◆ WHAT TO DO: All lines from the one containing "self.add_existentials(&mut found)?;" through the final line of the material below must appear exactly as they are, with nothing else.

◆ EXERCISE DATA:
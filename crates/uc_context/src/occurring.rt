//! The existentials of a type.
ghost use Rattle.std.specs.Prelude.{◌≡◌, ◌==◌, [], OnOk, IfOk};
ghost use Rattle.std.specs.List.{list_any};
ghost use Rattle.uc_context.specs.Occurring.{occurrences, all_occurrences, found_with, found_behind, existentials_of};
ghost use Rattle.uc_context.specs.Opens.{opens_of};

use crate::open::{Open, OpenNode};
use std::alloc::{AllocError, Global};
use std::collections::BTreeSet;
use std::marker::Model;

/// Numbers in the order in which they were found, each once. Contracts see that list.
#[derive(Drop)]
struct Found {
    in_order: Vec<u64>,
    seen: BTreeSet<u64>,
}

impl Model for Found {
    ghost use Rattle.std.specs.Prelude.{◌≡◌, ◌==◌, ℕ, List};
    ghost use Rattle.std.specs.BTreeSet.{contains};
    ghost use Rattle.std.specs.List.{list_any};
    ghost use Rattle.std.specs.Ordering.{nat_cmp};

    ghost Value = { List ℕ };

    ghost view = { λ found. found.in_order.items };

    ghost invariant = { λ found. (x : ℕ) → contains nat_cmp found.seen x ≡ list_any (λ y. y == x) found.in_order.items };
}

impl Found {
    fn new(alloc: Global) -> Found
        ensures { result ≡ [] }
    {
        Found {
            in_order: Vec::new(alloc),
            seen: BTreeSet::new(alloc),
        }
    }

    /// Adds a number, unless it was found before.
    fn add(&mut self, x: u64) -> Result<(), AllocError>
        ensures { OnOk result (self.new ≡ found_with self.old x) }
    {
        if self.seen.contains(&x) {
            return Ok(());
        }
        self.in_order.reserve(1)?;
        self.seen.insert(x)?;
        self.in_order.push(x)?;
        Ok(())
    }
}

impl Open {
    /// Adds the existentials that occur in it.
    #[cycle(add_existentials)]
    #[tactic(auto, using(crate::proofs::FoundInOrder::found_in_order))]
    fn add_existentials(&self, found: &mut Found) -> Result<(), AllocError>
        ensures { OnOk result (found.new ≡ found_behind found.old (occurrences self.now)) }
    {
        match &self.node {
            OpenNode::Bound(_) | OpenNode::Rigid(_) | OpenNode::Unit => Ok(()),
            OpenNode::Exists(x) => found.add(*x),
            OpenNode::Forall(a) => a.add_existentials(found),
            OpenNode::Arrow(a, b) => {
                a.add_existentials(found)?;
                b.add_existentials(found)
            }
            OpenNode::Tuple(ts) | OpenNode::Data(_, ts) => add_existentials_of(ts, found),
        }
    }

    /// The existentials that occur in it, each once, in the order of their first occurrence.
    pub fn existentials(&self, alloc: Global) -> Result<Vec<u64>, AllocError>
        ensures { IfOk result (λ xs. xs.items ≡ existentials_of self.now) }
    {
        let mut found = Found::new(alloc);
        self.add_existentials(&mut found)?;
        Ok(found.in_order)
    }
}

#[cycle(add_existentials)]
#[tactic(auto, using(crate::proofs::FoundInOrder::found_in_order))]
fn add_existentials_of(ts: &[Open], found: &mut Found) -> Result<(), AllocError>
    ensures { OnOk result (found.new ≡ found_behind found.old (all_occurrences (opens_of ts.now))) }
{
    for t in ts {
        t.add_existentials(found)?;
    }
    Ok(())
}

◆ REPLY:
        self.add_existentials(&mut found)?;
        Ok(found.in_order)
    }
}

#[cycle(add_existentials)]
#[tactic(auto, using(crate::proofs::FoundInOrder::found_in_order))]
fn add_existentials_of(ts: &[Open], found: &mut Found) -> Result<(), AllocError>
    ensures { OnOk result (found.new ≡ found_behind found.old (all_occurrences (opens_of ts.now))) }
{
    for t in ts {
        t.add_existentials(found)?;
    }
    Ok(())
}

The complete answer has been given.